O Itamaraty informa, no entanto, que não há previsão de necessidade de ajuda com transporte e alojamento, já que a empresa Costa Cruzeiros, dona do navio naufragado, é a responsável pelos passageiros e está providenciando a ajuda necessária até agora.

O Costa Concordia se dirigia do porto de Civitavecchia ao de Savona, ao norte, ambos na Itália.

A Capitania dos Portos de Giglio confirmou três mortes - dois turistas franceses e um tripulante peruano - e 40 feridos, informam os jornais italianos La Repubblica e Corriere della Sera. A suspeita é que eles tenham morrido afogados.

Estima-se que entre 50 e 70 pessoas ainda estejam desaparecidas. As equipes de resgate estão vasculhando o interior do navio à procura de vítimas. 

Rota alterada

Ainda não foram divulgadas as causas oficiais do acidente, mas aparentemente o naufrágio foi provocado pelo choque do navio com uma rocha, que teria provocado a ruptura no casco. A embarcação continuou navegando até que a tripulação emitiu uma sinalização à Capitania dos Portos, informando que "entrava água" no barco, disse a agência de notícias italiana Ansa.

A tripulação teria imaginado, em princípio, que poderia conter a emergência. Quando notou que seria impossível, informa a Ansa, a tripulação resolveu mudar a rota e se dirigir à ilha de Giglio, segundo investigações preliminares. Especialistas italianos afirmam que a proximidade com o continente impediu que o acidente tivesse proporções maiores.

O Costa Concordia seguia uma "rota errada, não deveria estar naquele ponto", disse à Ansa uma fonte ligada às investigações técnicas. "Se isso ocorreu por um erro humano, por uma falha nos dispositivos de bordo ou pelas duas causas, será determinado pelas investigações recém-iniciadas", acrescentou.

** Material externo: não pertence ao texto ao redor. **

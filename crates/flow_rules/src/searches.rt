//! Searches for the rule that matches a packet: among all rules, and in a space of their patterns.
ghost use Rattle.std.specs.Prelude.{◌≡◌, ◌⊎◌, ◌<◌, ◌++◌, ℕ, IsTrue, Option, Some, true, length, map, IfOk, IfSome, slice_index_or};
ghost use Rattle.flow_rules.specs.Scan.{better_of, covers_at, IsBeaten, IsHit, IsOver};
ghost use Rattle.flow_rules.specs.Tables.{matched_rule, patterns_of};
ghost use Rattle.flow_rules.specs.Tuples.{pattern_around, slot_of, slots_of};

use crate::rules::{Pattern, Rule};
use crate::tuple_space::TupleSpace;
use net_base::{Memory, Port, Vlan};
use std::alloc::Global;

/// What a look-up sees of a packet: its ingress port, its VLAN and its destination.
#[derive(Clone, Copy)]
pub(crate) struct Packet {
    pub(crate) port: Port,
    pub(crate) vlan: Vlan,
    pub(crate) dst: u32,
}

/// The rule that counts so far: the first of the greatest priority.
fn better(best: Option<Rule>, rule: Rule) -> Option<Rule>
    ensures { result ≡ better_of best rule }
{
    match best {
        Some(b) => {
            if b.key.priority < rule.key.priority {
                Some(rule)
            } else {
                Some(b)
            }
        }
        None => Some(rule),
    }
}

/// The first of the covering rules of greatest priority, by a look at each rule.
pub(crate) fn best_of(rules: &[Rule], packet: Packet) -> Option<Rule>
    ensures { result ≡ matched_rule
        (record { port = packet.port; vlan = packet.vlan; dst = packet.dst })
        rules.now }
{
    let mut best = None;
    for rule in rules {
        if rule
            .key
            .pattern
            .covers(packet.port, packet.vlan, packet.dst)
        {
            best = better(best, *rule);
        }
    }
    best
}

/// The better of two positions: that of the rule of more priority, the first of as much.
fn better_position(rules: &[Rule], best: usize, position: usize) -> usize
    requires best { best < length rules.now }
    requires position { position < length rules.now }
    ensures best { IsOver rules.now result best }
    ensures position { IsOver rules.now result position }
    ensures either { (result ≡ best) ⊎ (result ≡ position) }
{
    let most = rules[best].key.priority;
    let priority = rules[position].key.priority;
    if most < priority || (most == priority && position < best) {
        position
    } else {
        best
    }
}

/// The best position so far, or another one where its rule covers a packet and is better.
fn better_at(rules: &[Rule], packet: Packet, best: Option<usize>, position: usize) -> Option<usize>
    requires hit { IsHit (record { port = packet.port; vlan = packet.vlan; dst = packet.dst })
        rules.now best }
    requires position { position < length rules.now }
    ensures hit { IsHit (record { port = packet.port; vlan = packet.vlan; dst = packet.dst })
        rules.now result }
    ensures kept { (j : ℕ) → IsBeaten
        (record { port = packet.port; vlan = packet.vlan; dst = packet.dst }) rules.now best j
        → IsBeaten (record { port = packet.port; vlan = packet.vlan; dst = packet.dst }) rules.now
        result j }
    ensures here { IsBeaten (record { port = packet.port; vlan = packet.vlan; dst = packet.dst })
        rules.now result position }
{
    if !rules[position]
        .key
        .pattern
        .covers(packet.port, packet.vlan, packet.dst)
    {
        return best;
    }
    match best {
        Some(b) => Some(better_position(rules, b, position)),
        None => Some(position),
    }
}

/// The best position so far, or a better one of a rule that covers a packet in the slot that it has for a kind of pattern.
fn best_of_kind(
    rules: &[Rule],
    space: &TupleSpace,
    kind: &Pattern,
    packet: Packet,
    best: Option<usize>,
) -> Option<usize>
    requires count { length space.now.patterns ≡ length rules.now }
    requires hit { IsHit (record { port = packet.port; vlan = packet.vlan; dst = packet.dst })
        rules.now best }
    ensures hit { IsHit (record { port = packet.port; vlan = packet.vlan; dst = packet.dst })
        rules.now result }
    ensures kept { (j : ℕ) → IsBeaten
        (record { port = packet.port; vlan = packet.vlan; dst = packet.dst }) rules.now best j
        → IsBeaten (record { port = packet.port; vlan = packet.vlan; dst = packet.dst }) rules.now
        result j }
    ensures slot { (j : ℕ) → slice_index_or (slots_of space.now) j 0
        ≡ slot_of space.now.count (pattern_around kind.now
        (record { port = packet.port; vlan = packet.vlan; dst = packet.dst }))
        → IsBeaten (record { port = packet.port; vlan = packet.vlan; dst = packet.dst }) rules.now
        result j }
{
    let mut best = best;
    let mut at = space.first(kind, packet.port, packet.vlan, packet.dst);
    while let Some(position) = at {
        best = better_at(rules, packet, best, position);
        at = space.after(position);
    }
    best
}

/// The first of the covering rules of greatest priority, by a look into one slot for each kind of pattern.
pub(crate) fn best_in_space(rules: &[Rule], space: &TupleSpace, packet: Packet) -> Option<Rule>
    requires { space.now.patterns ≡ patterns_of rules.now }
    ensures { result ≡ matched_rule
        (record { port = packet.port; vlan = packet.vlan; dst = packet.dst })
        rules.now }
{
    let mut best = None;
    for kind in space.kinds() {
        best = best_of_kind(rules, space, kind, packet, best);
    }
    match best {
        Some(position) => Some(rules[position]),
        None => None,
    }
}

/// Adds the patterns of rules to a space; whether they all could be added.
fn add_patterns(space: &mut TupleSpace, rules: &[Rule]) -> bool
    ensures { IsTrue result → space.new.patterns ≡ space.old.patterns ++ patterns_of rules.now }
{
    for rule in rules {
        if !space.add(&rule.key.pattern) {
            return false;
        }
    }
    true
}

/// A space of the patterns of rules, where it has room for all their kinds.
pub(crate) fn space_of(alloc: Global, rules: &[Rule]) -> Result<Option<TupleSpace>, Memory>
    ensures { IfOk result (λ found. IfSome found (λ s. s.patterns ≡ patterns_of rules.now)) }
{
    let mut space = TupleSpace::with_room(alloc, rules.len())?;
    if !add_patterns(&mut space, rules) {
        return Ok(None);
    }
    Ok(Some(space))
}
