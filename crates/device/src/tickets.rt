//! A queue of tickets over a device, whose driver runs each launch by 1 to 16 workers.
#![tactic(auto)]

ghost use Rattle.std.specs.Prelude.{◌≡◌, ◌≤◌, [], ◌∷◌, List, length, vec_len, IfOk};
ghost use Rattle.std.specs.Box.{box_value};
ghost use Rattle.host_commands.specs.declared.command.Command.{Command as CommandOf};
ghost use Rattle.host_commands.specs.declared.command.Reply.{Reply as ReplyOf};
ghost use Rattle.host_queue.specs.declared.view.Request.TheVariants.{Asked};
ghost use Rattle.host_queue.specs.declared.view.Entry.{Entry};
ghost use Rattle.host_queue.specs.Clients.{IsOnly};
ghost use Rattle.host_queue.specs.Driving.{AnsweredAtOnce, Drove};
ghost use Rattle.host_queue.specs.History.{Begins};
ghost use Rattle.host_queue.specs.Opened.{Each, IsGuest, IsNewDriver};
ghost use Rattle.host_queue.specs.Seats.{known_of, ticket_count, admitted_of, left_count, IsServed, EndsAt};
ghost use Rattle.host_queue.specs.Views.{total};
ghost use Rattle.device.specs.Machine.{DeviceStep};

use crate::{Command, Device, Gate, OpenGate, Reply};
use host_queue::{Answered, Client, Full, Machine, Queue, Request};
use std::alloc::{AllocError, Global};
use std::marker::Sync;
use std::sync::Wait;
use std::thread::Threads;

impl Machine<Command, Reply> for Device {
    ghost step = { DeviceStep };

    fn apply(&mut self, command: Command) -> Reply {
        Device::apply(self, command)
    }
}

/// Who does the commands of a queue over a device, in the order of their tickets (OpenCL 1.2, section 3.2.1): a launch
/// runs by 1 to 16 workers.
#[derive(Drop)]
pub struct Driver {
    driver: host_queue::Driver<Device, Command, Reply>,
    /// How many workers run a launch
    workers: u32,
    ghost counted: { (1 ≤ workers) × (workers ≤ 16) },
}

/// A queue over a device, with 1 to 16 workers for its launches, and so many clients, who are numbered from 0. An error
/// is out of memory.
pub fn open(
    alloc: Global,
    device: Device,
    workers: u32,
    clients: usize,
) -> Result<
    (
        Queue<Device, Command, Reply>,
        Vec<Client<Device, Command, Reply>>,
        Driver,
    ),
    AllocError,
>
    requires workers { (1 ≤ workers) × (workers ≤ 16) }
    requires clients { clients ≤ 16 }
    ensures driver { IfOk result (λ r. (r.2.driver.seat.table_id ≡ r.0.table.shared.table_id) × (r.2.driver.machine ≡ device) × IsNewDriver device clients r.2.driver.seat) }
    ensures clients { IfOk result (λ r. (vec_len r.1 ≡ clients) × Each r.1.items (λ k c. (c.seat.table_id ≡ r.0.table.shared.table_id) × IsGuest (device ∷ []) k c.seat)) }
{
    let (queue, list, driver) = host_queue::open(alloc, device, clients)?;
    Ok((queue, list, Driver { driver, workers }))
}

impl Driver {
    /// Answers the next ticket, if its request is there; the workers of a launch call the gate (own). What it answers,
    /// and when, is as of `host_queue::Driver::drive_one`, however many workers there are and whatever the gate does.
    pub fn drive_with<G: Gate, T: Threads + Wait + Sync>(
        &mut self,
        rt: &T,
        queue: &Queue<Device, Command, Reply>,
        gate: &G,
    ) -> Option<Answered<Device, Command, Reply>>
        requires one { self.old.driver.seat.table_id ≡ queue.now.table.shared.table_id }
        ensures drove { Drove DeviceStep self.old.driver self.new.driver result }
        ensures workers { self.new.workers ≡ self.old.workers }
    {
        let workers = self.workers;
        self.driver.drive_by(
            queue,
            |device: &mut Device, command: Command| -> Reply
                requires { (1 ≤ workers) × (workers ≤ 16) }
                ensures { DeviceStep device.old command result device.new }
            { device.apply_with(rt, command, workers, gate) },
        )
    }

    /// Answers the next ticket, if its request is there: `drive_with` with a gate that lets all pass.
    pub fn drive_one<T: Threads + Wait + Sync>(
        &mut self,
        rt: &T,
        queue: &Queue<Device, Command, Reply>,
    ) -> Option<Answered<Device, Command, Reply>>
        requires one { self.old.driver.seat.table_id ≡ queue.now.table.shared.table_id }
        ensures drove { Drove DeviceStep self.old.driver self.new.driver result }
        ensures workers { self.new.workers ≡ self.old.workers }
    {
        self.drive_with(rt, queue, &OpenGate)
    }

    /// Does the command of the only client at once; the workers of a launch call the gate (own). What it answers, and
    /// when, is as of `host_queue::Driver::answer`, however many workers there are and whatever the gate does.
    pub fn answer_with<G: Gate, T: Threads + Wait + Sync>(
        &mut self,
        rt: &T,
        queue: &Queue<Device, Command, Reply>,
        client: &mut Client<Device, Command, Reply>,
        request: Box<Request<Command, Reply>>,
        gate: &G,
    ) -> Result<Box<Request<Command, Reply>>, Full<Command, Reply>>
        requires one { (self.old.driver.seat.table_id ≡ queue.now.table.shared.table_id) × (client.old.seat.table_id ≡ queue.now.table.shared.table_id) }
        requires only { IsOnly self.old.driver.seat client.old.seat }
        requires asked { (c : CommandOf) × (box_value request ≡ Asked c) }
        ensures answered { AnsweredAtOnce DeviceStep request self.old.driver self.new.driver client.old client.new result }
        ensures workers { self.new.workers ≡ self.old.workers }
    {
        let workers = self.workers;
        self.driver.answer_by(
            queue,
            client,
            request,
            |device: &mut Device, asked: Command| -> Reply
                requires { (1 ≤ workers) × (workers ≤ 16) }
                ensures { DeviceStep device.old asked result device.new }
            { device.apply_with(rt, asked, workers, gate) },
        )
    }
}

/// Answers all that remains, and hands the device back, as `host_queue::close` does. Replies that were not collected
/// are dropped. The list has each ticket of each client that is handed in; it has no more where all clients are.
pub fn close<W: Wait>(
    rt: &W,
    queue: Queue<Device, Command, Reply>,
    clients: Vec<Client<Device, Command, Reply>>,
    driver: Driver,
) -> Device
    requires one { (driver.driver.seat.table_id ≡ queue.table.shared.table_id) × Each clients.items (λ k c. c.seat.table_id ≡ queue.table.shared.table_id) }
    ensures { (log : List (Entry CommandOf ReplyOf)) × EndsAt DeviceStep driver.driver.seat log result × Begins (known_of driver.driver.seat) log × Each clients.items (λ k c. IsServed c.seat log) × (left_count driver.driver.seat ≡ 0 → admitted_of driver.driver.seat ≡ length clients.items → length log ≡ total (λ c. ticket_count c.seat) clients.items) }
{
    host_queue::close(rt, queue, clients, driver.driver)
}
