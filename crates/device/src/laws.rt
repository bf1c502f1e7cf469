//! Laws of the machine. Each is the contract of a function that does nothing.
#![tactic(auto)]

ghost use Rattle.device.specs.Laws.{LaunchesOnce};

use clmodel::run_laws::one_run;

/// A launch that isn't refused has one answer and leaves one machine, with `orders` and without: workers and gates
/// change neither (out of memory aside).
pub fn launches_once()
    ensures { LaunchesOnce }
{
    one_run();
    ordered_runs::laws::one_run();
}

A Guarda Costeira italiana vai abrir duas investigações (uma penal e uma administrativa). Também será aberto um inquérito para investigar as causas do acidente, anunciou o procurador de Grosseto, Francesco Verusio.

A Costa Cruzeiros informou que os procedimentos de segurança foram seguidos corretamente. "Em 64 anos de história, é o momento mais trágico para a Costa Cruzeiros, estamos consternados", disse Gianni Onorato, diretor-geral da companhia.

O Costa Concordia tinha 4.229 pessoas a bordo, sendo 3.209 passageiros. Conforme a empresa responsável pelo cruzeiro, havia passageiros de inúmeras nacionalidades, incluindo italianos (989), alemães (569), franceses (462), espanhóis (177), americanos (129), croatas (127), russos (108), colombianos (10), chilenos (10), peruanos (8), venezuelanos (5), cubanos (2), equatorianos (2), mexicanos (2) e um uruguaio. (Com Ansa)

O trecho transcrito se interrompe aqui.